[Stored data entries]
........

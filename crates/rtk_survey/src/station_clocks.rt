//! The clocks of GLONASS and BeiDou of a station in a capture.
//!
//! A date that the station names may be far from the messages of these clocks beside it, where no epoch came.

ghost use Rattle.std.specs.Prelude.{◌≡◌, ◌≢◌, ℕ, OnOk};
ghost use Rattle.rtk_survey.specs.StationClocks as spec;
ghost use Rattle.rtk_survey.specs.StationClocks.{clocks_by_station, no_station_clocks};

use crate::clock_marks::{ClockMarks, opened_moment};
use crate::clock_spans::{
    ClockSpan, FollowedClock, FollowedSpan, FollowedTime, clock_followed, is_new_mark,
};
use crate::date_message::UtcDate;
use crate::day_clocks::{day_after_msm, day_followed, day_so_far, redated_near_if_any};
use crate::far_date::{FarDate, first_far_date};
use crate::telling::HALF_DAY_MS;
use rtk_obs::GpsMs;
use std::alloc::{AllocError, Global};
use std::collections::BTreeMap;

/// How far the clocks of a station go; `None` if no message of a clock has a value.
#[derive(Clone, Copy, Debug, PartialEq, Eq)]
pub struct StationClocks {
    pub glonass: Option<ClockSpan>,
    pub beidou: Option<ClockSpan>,
    pub glonass_day: Option<ClockSpan>,
    /// The 1012 before the last one, if no MSM of GLONASS came behind it: what comes behind it may date it again.
    pub day_before: Option<ClockSpan>,
    /// The first date that is far from the messages beside it, with one of these.
    pub far: Option<FarDate>,
}

// ---- a date that is far from the messages beside it

fn are_half_day_apart(one: u64, other: u64) -> bool
    ensures { result ≡ spec.are_half_day_apart one other }
{
    HALF_DAY_MS < one.saturating_sub(other) || HALF_DAY_MS < other.saturating_sub(one)
}

// Did the last message come behind the last date, or at most half a day before it?
fn is_message_beside(marks: &ClockMarks, known: &FollowedSpan) -> bool
    ensures { result ≡ spec.is_message_beside marks.now known.now }
{
    let last = known.last_message();
    !(is_new_mark(known.mark, marks.last) && are_half_day_apart(marks.last.ms(), last.ms()))
}

fn is_clock_beside(clock: FollowedClock, marks: &ClockMarks, known: &Option<ClockSpan>) -> bool
    ensures { result ≡ spec.is_clock_beside clock marks.now known.now }
{
    match known {
        Some(known) => {
            let opened = known.opened();
            let anchored = opened.anchored(clock, marks);
            is_message_beside(marks, &anchored)
        }
        None => false,
    }
}

fn last_if_any(clock: FollowedClock, marks: &ClockMarks, known: &Option<ClockSpan>) -> Option<GpsMs>
    ensures { result ≡ spec.last_if_any clock marks.now known.now }
{
    match known {
        Some(known) => {
            let opened = known.opened();
            let anchored = opened.anchored(clock, marks);
            Some(anchored.last_message())
        }
        None => None,
    }
}

fn one_of(one: Option<GpsMs>, other: Option<GpsMs>) -> Option<GpsMs>
    ensures { result ≡ spec.one_of one other }
{
    match one {
        Some(one) => Some(one),
        None => other,
    }
}

fn far_with_last(date: UtcDate, moment: Option<GpsMs>) -> Option<FarDate>
    ensures { result ≡ spec.far_with_last date moment }
{
    match moment {
        Some(moment) => Some(FarDate {
            date,
            epoch: moment.ms(),
        }),
        None => None,
    }
}

// A date at this moment that comes behind this message, but is before it.
fn far_if_before(date: UtcDate, at: GpsMs, moment: Option<GpsMs>) -> Option<FarDate>
    ensures { result ≡ spec.far_if_before date at moment }
{
    match moment {
        Some(moment) if at.ms() < moment.ms() => Some(FarDate {
            date,
            epoch: moment.ms(),
        }),
        _ => None,
    }
}

// ---- the clocks of a station

impl StationClocks {
    /// No message came.
    pub fn new() -> StationClocks
        ensures { result ≡ no_station_clocks }
    {
        StationClocks {
            glonass: None,
            beidou: None,
            glonass_day: None,
            day_before: None,
            far: None,
        }
    }

    // Did a message of a clock come behind the last date, or at most half a day before it?
    fn has_clock_beside(&self, marks: &ClockMarks) -> bool
        ensures { result ≡ spec.has_clock_beside marks.now self.now }
    {
        is_clock_beside(FollowedClock::GlonassWeek, marks, &self.glonass)
            || (is_clock_beside(FollowedClock::BeidouWeek, marks, &self.beidou)
                || is_clock_beside(FollowedClock::GlonassDay, marks, &self.glonass_day))
    }

    // The last message of a clock, of GLONASS if it has one.
    fn last_of_clocks(&self, marks: &ClockMarks) -> Option<GpsMs>
        ensures { result ≡ spec.last_of_clocks marks.now self.now }
    {
        let glonass = last_if_any(FollowedClock::GlonassWeek, marks, &self.glonass);
        let beidou = last_if_any(FollowedClock::BeidouWeek, marks, &self.beidou);
        let day = last_if_any(FollowedClock::GlonassDay, marks, &self.glonass_day);
        one_of(glonass, one_of(beidou, day))
    }

    // The last date, if it is far from the last message of each clock before it, and is before it or far from the message
    // behind it.
    fn far_beside(&self, date: UtcDate, marks: &ClockMarks, ms: u64) -> Option<FarDate>
        ensures { result ≡ spec.far_beside date marks.now self.now ms }
    {
        if self.has_clock_beside(marks) {
            None
        } else if are_half_day_apart(marks.last.ms(), ms) {
            Some(FarDate { date, epoch: ms })
        } else {
            far_if_before(date, marks.last, self.last_of_clocks(marks))
        }
    }

    // The same if the moments are of dates.
    fn far_from_message(&self, marks: &ClockMarks, ms: u64) -> Option<FarDate>
        ensures { result ≡ spec.far_from_message marks.now.date marks.now self.now ms }
    {
        match marks.date {
            Some(date) => self.far_beside(date, marks, ms),
            None => None,
        }
    }

    // The first of such dates, after a message more at this moment.
    fn far_with_message(&self, marks: &Option<ClockMarks>, ms: u64) -> Option<FarDate>
        ensures { result ≡ spec.far_with_message marks.now self.now ms }
    {
        match marks {
            Some(marks) => first_far_date(self.far, self.far_from_message(marks, ms)),
            None => self.far,
        }
    }

    // The last date, if no message came behind it, and it is far from the last one of each clock.
    fn far_at_end(&self, marks: &ClockMarks) -> Option<FarDate>
        ensures { result ≡ spec.far_at_end marks.now.date marks.now self.now }
    {
        match marks.date {
            Some(date) if !self.has_clock_beside(marks) => {
                far_with_last(date, self.last_of_clocks(marks))
            }
            _ => None,
        }
    }

    fn far_at_end_if_any(&self, marks: &Option<ClockMarks>) -> Option<FarDate>
        ensures { result ≡ spec.far_at_end_if_any marks.now self.now }
    {
        match marks {
            Some(marks) => self.far_at_end(marks),
            None => None,
        }
    }

    /// The clocks of a capture that ends, by its epochs or dates.
    #[tactic(auto, unfolding(crate::specs::StationClocks::clocks_settled))]
    pub fn settled(&self, marks: &Option<ClockMarks>) -> StationClocks
        ensures { result ≡ spec.clocks_settled marks.now self.now }
    {
        StationClocks {
            glonass: self.glonass,
            beidou: self.beidou,
            glonass_day: day_so_far(marks, &self.day_before, &self.glonass_day),
            day_before: self.day_before,
            far: self.far,
        }
    }

    /// The first date that is far from the messages of the clocks beside it.
    #[tactic(auto, unfolding(crate::specs::StationClocks::far_from_clocks))]
    pub fn far_date(&self, marks: &Option<ClockMarks>) -> Option<FarDate>
        ensures { result ≡ spec.far_from_clocks marks.now self.now }
    {
        let settled = self.settled(marks);
        first_far_date(self.far, settled.far_at_end_if_any(marks))
    }

    fn take_glonass(&mut self, marks: &Option<ClockMarks>, span: ClockSpan)
        ensures { self.new ≡ spec.with_glonass_clock marks.now span self.old }
    {
        let far = self.far_with_message(marks, span.last);
        let msm = opened_moment(span.last);
        let known = redated_near_if_any(marks, msm, &self.day_before, &self.glonass_day);
        let day = day_after_msm(marks, &span, &known);
        self.glonass = Some(span);
        self.glonass_day = day;
        self.day_before = None;
        self.far = far;
    }

    fn take_beidou(&mut self, marks: &Option<ClockMarks>, span: ClockSpan)
        ensures { self.new ≡ spec.with_beidou_clock marks.now span self.old }
    {
        let far = self.far_with_message(marks, span.last);
        self.beidou = Some(span);
        self.far = far;
    }

    // Behind these 1012.
    fn take_day(&mut self, marks: &Option<ClockMarks>, before: Option<ClockSpan>, span: ClockSpan)
        ensures { self.new ≡ spec.with_day_clock marks.now before span self.old }
    {
        let far = self.far_with_message(marks, span.last);
        self.glonass_day = Some(span);
        self.day_before = before;
        self.far = far;
    }

    fn take_day_behind(&mut self, marks: &Option<ClockMarks>, before: Option<ClockSpan>, time: u32)
        ensures { self.new ≡ spec.with_day_behind marks.now before time self.old }
    {
        let span = day_followed(marks, &self.glonass, &before, time);
        self.take_day(marks, before, span);
    }

    // A time more of a clock, after these epochs or dates.
    #[tactic(auto, unfolding(crate::specs::StationClocks::with_followed_time))]
    fn take(&mut self, marks: &Option<ClockMarks>, told: FollowedTime)
        ensures { self.new ≡ spec.with_followed_time marks.now told self.old }
    {
        let time = told.time;
        match told.clock {
            FollowedClock::GlonassWeek => {
                let clock = FollowedClock::GlonassWeek;
                let span = clock_followed(clock, marks, &self.glonass, time);
                self.take_glonass(marks, span);
            }
            FollowedClock::BeidouWeek => {
                let clock = FollowedClock::BeidouWeek;
                let span = clock_followed(clock, marks, &self.beidou, time);
                self.take_beidou(marks, span);
            }
            FollowedClock::GlonassDay => {
                let before = day_so_far(marks, &self.day_before, &self.glonass_day);
                self.take_day_behind(marks, before, time);
            }
        }
    }
}

/// No message came.
pub(crate) fn no_clocks_followed(alloc: Global) -> BTreeMap<u16, StationClocks>
    ensures { (n : ℕ) → clocks_by_station result n ≡ no_station_clocks }
{
    BTreeMap::new(alloc)
}

/// The clocks of a station.
pub fn clocks_by_station(clocks: &BTreeMap<u16, StationClocks>, station: u16) -> StationClocks
    ensures { result ≡ clocks_by_station clocks.now station }
{
    match clocks.get(&station) {
        Some(clocks) => *clocks,
        None => StationClocks::new(),
    }
}

/// A time more of a clock of a station, after these epochs or dates of it.
pub(crate) fn take_followed_time(
    clocks: &mut BTreeMap<u16, StationClocks>,
    station: u16,
    marks: &Option<ClockMarks>,
    told: FollowedTime,
) -> Result<(), AllocError>
    ensures own { OnOk result (clocks_by_station clocks.new station ≡ spec.with_followed_time marks.now told (clocks_by_station clocks.old station)) }
    ensures others { OnOk result ((n : ℕ) → n ≢ station → clocks_by_station clocks.new n ≡ clocks_by_station clocks.old n) }
{
    let own = clocks.entry(station)?.or_insert(StationClocks::new());
    own.take(marks, told);
    Ok(())
}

........

## [TASK GOAL]
Find the word "comes" in the records, and report each line that has it.

## [RESULT OF THIS EXERCISE]
    /// The 1012 before the last one, if no MSM of GLONASS came behind it: what comes behind it may date it again.
// A date at this moment that comes behind this message, but is before it.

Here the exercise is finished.